В повести «Село Степанчиково и его обитатели» есть вводное лицо, старичок Ежевикин, играющий роль шута, на вид очень добродушный и всем желающий угодить, а в сущности очень ядовитый – прототип целого ряда старых шутов в последующих произведениях Достоевского. Дочь Ежевикина, бедная гувернантка, находящаяся в особенно трудном положении, полагает, что отец представляет из себя шута для нее. По ходу повести это предположение очень вероподобно, но сам Достоевский решительно его отрицает. Он говорит, что Ежевикин «корчил из себя шута просто из внутренней потребности, чтобы дать выход накопившейся злости…»

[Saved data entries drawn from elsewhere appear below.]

//! Systems of ribbon equations (Dillinger and Walzer, "Ribbon filter: practically smaller than Bloom and Xor", 2021) in
//! up to 16 planes: the elimination that decides whether they have solutions, and in each plane the one least solution.
#![tactic(auto)]

mod elimination;
mod existence;
mod laws;
mod places;
mod planes;
mod reading;
mod substitution;
mod system;

pub use elimination::Inconsistent;
pub use existence::a_least_or_none;
pub use laws::{below_at_the_highest, kept_are_the_added, least_is_unique, sum_is_over_columns};
pub use planes::Planes;
pub use system::System;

Впрочем, в «Селе Степанчикове» есть лица гораздо более интересные, чем злобный старый шут Ежевикин.
Владелец села Степанчикова, Егор Ильич Ростанев, отставной гусарский полковник, есть настоящая овца, смирная и благодушная до глупости. Всякий охочий человек может на нем ездить сколько душе угодно, оскорблять его, тиранить, и он же будет считать себя виноватым перед своим тираном и просить у него прощения. Таковы именно его отношения к матери, вдове генеральше, несноснейшей по глупости и наглости женщине, которая, живя на шее у сына и терзая его на всякие манеры, все находит, что он эгоист и недостаточно к ней внимателен. Но тиранство матери совершенно бледнеет перед тем, что терпит полковник Ростанев, да и все обитатели села Степанчикова от некоего Фомы Фомича Опискина. Это чрезвычайно любопытный экземпляр волчьей породы. Объявился он сначала в доме покойника мужа генеральши «в качестве чтеца и мученика», попросту приживальщика, много терпевшего от генеральского издевательства. Но на дамской половине генеральского дома он разыгрывал совершенно другую роль. Генеральша питала к нему какое-то мистическое уважение, которое он поддерживал душеспасительными беседами, снотолкованиями, прорицаниями, хождением к обедне и заутрене и проч. А когда генерал умер и генеральша перебралась к сыну, Фома Опискин стал решительно первым человеком в доме. Из прошлого Фомы с достоверностью известно только, что он потерпел неудачу на литературном поприще и потом множество обид от своего генерала. И он, значит, был овцой, по всей вероятности злобной, паршивой и вообще скверной, но во всяком случае униженной и оскорбленной овцой по своему общественному положению. А теперь вдруг получилась возможность разыграться его волчьим инстинктам. «Теперь представьте же себе, – говорит Достоевский, – что может сделаться из Фомы, во всю жизнь угнетенного и забитого и даже, может быть, и в самом деле битого, из Фомы втайне сластолюбивого и самолюбивого, из Фомы – огорченного литератора, из Фомы – шута из насущного хлеба, из Фомы – в душе деспота, несмотря на все предыдущее ничтожество и бессилие, из Фомы – хвастуна, а при удаче нахала, из этого Фомы, вдруг попавшего в честь и славу, возлелеянного и захваленного благодаря идиотке покровительнице и обольщенному, на все согласному покровителю, в дом которого он попал, наконец, после долгих странствований?»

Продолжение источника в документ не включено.